The results of the research highlight that understanding financial exclusion at the bottom of the pyramid is complex. Some aspects of the findings support previous studies in different geographies, but other aspects do not. This may imply that the circumstances and reasons behind financial exclusion at the bottom of the pyramid in one area may be different from another area. It further implies that solutions to address financial exclusion that work in one region may not work in another. Given the differences in socio-economic conditions across countries it may thus be expected that financial exclusion will be driven by different factors in different countries.

The study's finding that educational attainment is most correlated with financial exclusion also provides a potential way forward in addressing the problem. One of the ways of reducing financial exclusion at the bottom of the pyramid in South Africa may be to focus on education rather than physical access exclusively. The more educated a respondents was, the less likely they were to be financially excluded. The work may further suggest that it could be beneficial to teach financial literacy and the role of banking early in the school curriculum. This could assist students who do not complete their formal education to have a basic understanding of the financial system and the benefits that having a bank account may bring. The finding that primary source of income is correlated with financial exclusion also provides interesting insights. Increasing levels of formal employment may reduce levels of financial exclusion. It provides a further impetus for addressing the current chronic unemployment in South Africa.

Our findings show that age is correlated with financial exclusion in South Africa. It thus partially supports the findings based on US data (Hogarth & O'Donnell, Citation1997). Respondents aged 16 to 25 were more likely to be excluded compared with other age groups. Part of the reason for this may be the very low levels of formal employment in this age group. Only 9.3% of respondents in this age group were formally employed while 69.3% of respondents were dependent on receiving money from others. The extremely high levels of unemployment and dependence on others may render the need for a bank account moot, but the results also points to a significant problem of youth unemployment at the bottom of the pyramid. The finding of an association between home language and financial exclusion was surprising. Whilst the sample size was too small to determine which official languages were more associated with financial exclusion, it provides an interesting area for further study. The findings also highlight that providers need to be aware of the language in which they engage prospective clients.

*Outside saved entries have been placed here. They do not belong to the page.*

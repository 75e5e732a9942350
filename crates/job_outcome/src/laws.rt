//! What holds of texts over the end of a job.
ghost use Rattle.job_outcome.specs.Ending.{EndedBringsTexts};

use track_groups::{law_of_giving, law_of_texts};

/// Ended leaves each text with its groups, and each output of the job has its text in its share of the member's groups:
/// the lowest ones are the first output's. This holds of each queue whose jobs and outputs have numbers of their own,
/// whose groups are of what is there, and in which the job has no output yet.
pub fn law_of_ended_texts()
    ensures { EndedBringsTexts }
{
    law_of_giving();
    law_of_texts();
}
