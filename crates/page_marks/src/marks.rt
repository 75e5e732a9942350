//! A mark for each page.
ghost use Rattle.std.specs.Prelude.{◌≡◌, ◌+◌, ◌/◌, ◌<◌, ◌≤◌, ◌^◌, ◌||◌, ◌&&◌, ℕ, true, false, nat_le, nat_lt, length, replicate};
ghost use Rattle.mas_types.specs.Limits.{pages_most};
ghost use Rattle.ckpt_tables.specs.Shape.{first_group_page, first_job_page, first_output_page, owners_a_page};
ghost use Rattle.page_marks.specs.Marks.{group_page, groups_end_page, is_marked, job_page, marked, output_page};

use ckpt_tables::{FIRST_JOB_PAGE, JOBS_A_PAGE, OUTPUTS_A_PAGE, OWNERS_A_PAGE};
use mas_types::Config;
use mas_types::limits::PAGES_MOST;

/// How many marks there are: one for each page that a checkpoint can have.
pub const MARKS: usize = PAGES_MOST as usize;

/// The page of the header.
pub const HEADER_PAGE: usize = 0;
/// The page of the members.
pub const MEMBERS_PAGE: usize = 1;
/// The page of the nodes.
pub const NODES_PAGE: usize = 2;

/// The marks of pages, by their numbers.
#[derive(Clone, Copy)]
pub struct Marks {
    /// Whether each page has a mark.
    pub pages: [bool; MARKS],
    ghost many: { length pages ≡ pages_most },
}

impl Marks {
    /// No marks.
    pub fn none() -> Marks
        ensures { result.pages ≡ replicate pages_most false }
    {
        Marks {
            pages: [false; MARKS],
        }
    }

    /// A mark for each page.
    pub fn all() -> Marks
        ensures { result.pages ≡ replicate pages_most true }
    {
        Marks {
            pages: [true; MARKS],
        }
    }

    /// Whether a page has a mark; not beyond the last one.
    pub fn has(&self, page: u16) -> bool
        ensures { result ≡ is_marked self.now.pages page }
    {
        match self.pages.get(page as usize) {
            Some(mark) => *mark,
            None => false,
        }
    }

    /// Marks a page; none beyond the last one.
    pub fn put(&mut self, page: usize)
        ensures { self.new.pages ≡ marked page self.old.pages }
    {
        if page < MARKS {
            self.pages[page] = true;
        }
    }

    // Marks the pages from one on, up to another, without it.
    fn put_from(&mut self, first: usize, end: usize)
        ensures { (p : ℕ) → p < pages_most → is_marked self.new.pages p
            ≡ (is_marked self.old.pages p || (nat_le first p && nat_lt p end)) }
    {
        for page in 0..MARKS {
            self.pages[page] = self.pages[page] | is_between(first, page, end);
        }
    }

    /// Marks the page of a slot of jobs.
    pub fn put_job(&mut self, at: usize)
        ensures { self.new.pages ≡ marked (job_page at) self.old.pages }
    {
        self.put(FIRST_JOB_PAGE as usize + at / JOBS_A_PAGE);
    }

    /// Marks the page of a slot of outputs.
    pub fn put_output(&mut self, config: &Config, at: usize)
        ensures { self.new.pages ≡ marked (output_page config.now at) self.old.pages }
    {
        self.put(first_output(config) + at / OUTPUTS_A_PAGE);
    }

    /// Marks all pages of jobs.
    pub fn put_jobs(&mut self, config: &Config)
        ensures { (p : ℕ) → p < pages_most → is_marked self.new.pages p
            ≡ (is_marked self.old.pages p || (nat_le first_job_page p && nat_lt p (first_output_page config.now))) }
    {
        self.put_from(FIRST_JOB_PAGE as usize, first_output(config));
    }

    /// Marks all pages of outputs.
    pub fn put_outputs(&mut self, config: &Config)
        ensures { (p : ℕ) → p < pages_most → is_marked self.new.pages p ≡ (is_marked self.old.pages p
            || (nat_le (first_output_page config.now) p && nat_lt p (first_group_page config.now))) }
    {
        self.put_from(first_output(config), first_group(config));
    }

    /// Marks all pages of groups.
    pub fn put_groups(&mut self, config: &Config)
        ensures { (p : ℕ) → p < pages_most → is_marked self.new.pages p
            ≡ (is_marked self.old.pages p || nat_le (first_group_page config.now) p) }
    {
        self.put_from(first_group(config), MARKS);
    }

    /// Marks the pages of the groups from the first on, up to the end, without it.
    pub fn put_groups_between(&mut self, config: &Config, first: usize, end: usize)
        ensures { (p : ℕ) → p < pages_most → is_marked self.new.pages p ≡ (is_marked self.old.pages p
            || (nat_le (group_page config.now first) p && nat_lt p (groups_end_page config.now end))) }
    {
        let groups = first_group(config);
        self.put_from(groups + first / OWNERS_A_PAGE, groups + pages_to(end));
    }
}

// Whether a page is one of those from the first on, up to the end, without it.
fn is_between(first: usize, page: usize, end: usize) -> bool
    ensures { result ≡ (nat_le first page && nat_lt page end) }
{
    first <= page && page < end
}

// The first page of outputs, whatever the configuration is.
fn first_output(config: &Config) -> usize
    ensures value { result ≡ first_output_page config.now }
    ensures few { result < 2 ^ 16 }
{
    FIRST_JOB_PAGE as usize + config.jobs as usize / JOBS_A_PAGE
}

// The first page of groups.
fn first_group(config: &Config) -> usize
    ensures value { result ≡ first_group_page config.now }
    ensures few { result < 2 ^ 17 }
{
    first_output(config) + config.outputs as usize / OUTPUTS_A_PAGE
}

// How many pages the groups up to the end take.
fn pages_to(end: usize) -> usize
    ensures value { result ≡ (end + 511) / owners_a_page }
    ensures few { result < 2 ^ 56 }
{
    end / OWNERS_A_PAGE + (end % OWNERS_A_PAGE + 511) / OWNERS_A_PAGE
}
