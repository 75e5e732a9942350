//! What becomes of a job whose text was read.
ghost use Rattle.std.specs.Prelude.{◌≡◌, IfOk};
ghost use Rattle.mas_types.specs.Fit.{AreLines, IsJobFields};
ghost use Rattle.mas_types.specs.Printed.{jcl_cause_word as jcl_cause_word_lem, jcl_error_line};
ghost use Rattle.job_outcome.specs.Outcomes.{AreFitOutputs, IsReadable, IsNamedOutcome, outcome_of as outcome_of_lem, outcome_of_text as outcome_of_text_lem};

use deck_laws::law_of_limits;
use jcl_convert::{JclNo, convert};
use job_exec::{listing, run_steps};
use mas_types::words::{push_decimal, push_text};
use mas_types::{Closing, GroupNo, JclCause, JobFields, Lines, List, NoMemory, OutSpec};
use std::alloc::Global;

/// What the spool volumes give of a job's text.
#[derive(Drop)]
pub enum Read {
    /// All its lines.
    Lines(Lines),
    /// It is gone: its first group that lay on a lost volume when the run began, or that holds no records.
    Gone(GroupNo),
    /// This volume is lost, on which one of its groups lies.
    Lost(u8),
}

/// What becomes of a job whose text was read.
#[derive(Drop)]
pub enum Outcome {
    /// It is converted, and goes on to execution.
    Convert,
    /// It ends with these outputs.
    End(List<OutSpec>),
    /// The unit is refused, and the step closes so.
    Stop(Closing),
}

fn jcl_cause_word(cause: JclCause) -> &'static [u8]
    ensures { result.now ≡ jcl_cause_word_lem cause }
{
    match cause {
        JclCause::Name => b"NAME",
        JclCause::Operation => b"OPERATION",
        JclCause::Proc => b"PROC",
        JclCause::Pgm => b"PGM",
        JclCause::Dsn => b"DSN",
        JclCause::Operand => b"OPERAND",
        JclCause::Stray => b"STRAY",
        JclCause::Place => b"PLACE",
        JclCause::Many => b"MANY",
    }
}

// The line of a JCL error at a card.
fn error_line(alloc: Global, card: u32, cause: JclCause) -> Result<List<u8>, NoMemory>
    ensures { IfOk result (λ line. line ≡ jcl_error_line card cause) }
{
    let mut line = List::new(alloc);
    push_text(&mut line, b"JCL ERROR CARD ")?;
    push_decimal(&mut line, card as u64)?;
    push_text(&mut line, b" ")?;
    push_text(&mut line, jcl_cause_word(cause))?;
    Ok(line)
}

// What becomes of a job with this text, which is run, or else converted.
fn outcome_of_text(
    alloc: Global,
    runs: bool,
    fields: &JobFields,
    text: &Lines,
) -> Result<Outcome, NoMemory>
    requires fields { IsJobFields fields.now }
    requires text { AreLines text.now }
    ensures outcome { IfOk result (λ outcome. outcome ≡ outcome_of_text_lem runs fields.now text.now) }
    ensures fits { IfOk result AreFitOutputs }
{
    law_of_limits();
    let steps = match convert(alloc, fields, text) {
        Ok(steps) => steps,
        Err(JclNo::JclError { card, cause }) => {
            let line = error_line(alloc, card, cause)?;
            return Ok(Outcome::End(listing(alloc, fields, line.as_slice())?));
        }
        Err(JclNo::NoMemory) => return Err(NoMemory),
    };
    if fields.scan {
        return Ok(Outcome::End(listing(alloc, fields, b"NO ERROR")?));
    }
    if runs {
        return Ok(Outcome::End(run_steps(alloc, &steps)?.outputs));
    }
    Ok(Outcome::Convert)
}

/// What becomes of a job with these fields, which is run, or else converted: with its text it ends with its outputs,
/// those of its steps or what is listed of an error or a scan, or it is converted; without it the unit is refused. The
/// outputs are within the limits. NoMemory comes only when out of memory.
pub fn outcome_of(
    alloc: Global,
    runs: bool,
    fields: &JobFields,
    read: &Read,
) -> Result<Outcome, NoMemory>
    requires fields { IsJobFields fields.now }
    requires text { IsReadable read.now }
    ensures outcome { IfOk result (λ outcome. outcome ≡ outcome_of_lem runs fields.now read.now) }
    ensures fits { IfOk result AreFitOutputs }
    ensures named { IfOk result IsNamedOutcome }
{
    match read {
        Read::Lines(text) => outcome_of_text(alloc, runs, fields, text),
        Read::Gone(group) => Ok(Outcome::Stop(Closing::NoText(*group))),
        Read::Lost(volume) => Ok(Outcome::Stop(Closing::SpoolLost(*volume))),
    }
}
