//! What a unit gives at once.
ghost use Rattle.std.specs.Prelude.{◌+◌, ◌*◌, ◌<◌, ◌^◌, IfOk};
ghost use Rattle.member_giving.specs.Names.{IsNamedEnd};
ghost use Rattle.member_giving.specs.Parts.{GavePart, IsOwnPart, MayGive, PartStands, commands_most, gives_part, to_give};
ghost use Rattle.member_giving.specs.Works.{HasRoom, Works};
ghost use Rattle.member_work.specs.Giving.{CanGive, GivesAs};

use crate::giving::give_up;
use job_outcome::{UnitEnd, law_of_ended_texts};
use mas_complex::{Complex, Steady};
use mas_types::{Closing, Command, JobNo, List, NoMemory, OutSpec};
use member_node::{Member, NodeNo};
use member_work::{give_back, give_command, give_or_drop, take_for_end};
use queue_texts::law_of_texts;
use spool_plant::Plant;
use std::alloc::Global;
use step_turns::Holder;

/// What a unit gives at once.
#[derive(Drop)]
pub enum Part {
    /// This command, which brings no text.
    One(Command),
    /// Take of so many groups for a job's outputs; after a refused Take the member's groups become free.
    Groups(u32),
    /// The end of a job whose outputs stand in the member's groups, unless it was cancelled; after a refused one the
    /// groups become free.
    Ended(JobNo, List<OutSpec>),
    /// Drop of the member's groups, since this volume is lost.
    Lost(u8),
}

// Does the commands of a part on the member's tables; answers how a unit ends with them. NoMemory leaves those that
// were done before.
fn do_part(member: &mut Member, alloc: Global, step: u32, part: Part) -> Result<UnitEnd, NoMemory>
    requires can { CanGive member.old }
    requires order { member.old.checkpoint.tables.order + 32 * commands_most part < 2 ^ 63 }
    requires own { IsOwnPart member.old part }
    ensures does { GivesAs (gives_part step member.old.id part)
        (λ Q. PartStands member.old.checkpoint.tables Q member.old.id part) member.old member.new result }
    ensures named { IfOk result IsNamedEnd }
{
    law_of_texts();
    law_of_ended_texts();
    match part {
        Part::One(command) => give_command(member, alloc, step, command),
        Part::Groups(needed) => take_for_end(member, alloc, step, needed),
        Part::Ended(job, outputs) => {
            let command = Command::Ended { job, outputs };
            give_or_drop(member, alloc, step, command)
        }
        Part::Lost(volume) => {
            let end = UnitEnd::Refused(Closing::SpoolLost(volume));
            give_back(member, alloc, step, end)
        }
    }
}

/// Gives a part of a unit. What is more than one command is given only where nothing is unwritten.
/// It answers whether the part is done or refused. NoMemory comes when out of memory, and what was given before is kept
/// then, if there is memory for that; BothLost and Halted come as [`give_up`] answers them.
pub fn give_part<P: Plant + Drop, C: Steady + Drop>(
    member: &mut Member,
    alloc: Global,
    complex: &mut Complex<P, C>,
    holder: Holder,
    part: Part,
) -> Result<UnitEnd, NodeNo>
    requires works { Works complex.old member.old holder }
    requires room { HasRoom complex.old member.old 1 }
    requires may { MayGive complex.old member.old part }
    ensures { GavePart (to_give holder part) complex.old member.old complex.new member.new result }
{
    complex.kept_texts();
    let Ok(end) = do_part(member, alloc, holder.step, part) else {
        return Err(give_up(member, alloc, complex, holder));
    };
    Ok(end)
}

A relationship between gender and being financially excluded was not found. This finding does not support previous work (Hogarth & O'Donnell, Citation1997), which found a heterogeneous relationship between gender and financial exclusion in the United States, nor work which reported gender differences in Kenya and Uganda (Johnson & Nino-Zarazua, Citation2011) or India (Chavan, Citation2008). Marital status and home ownership status were found to be unimportant in explaining exclusion. A more interesting finding is that location (i.e. living in a rural as opposed to an urban area) is not associated with being financially excluded. This contradicts the sense that building more access channels to financial services in non-urban areas will reduce financial exclusion. The study instead point to a different conclusion. It may be that factors associated with being financially excluded, such as low levels of education and high levels of unemployment, are more prevalent in rural areas than urban areas. Addressing these factors may have a greater impact on reducing financial exclusion in rural areas than attempting to provide greater access to financial services.

Disclosure statement

No potential conflict of interest was reported by the author.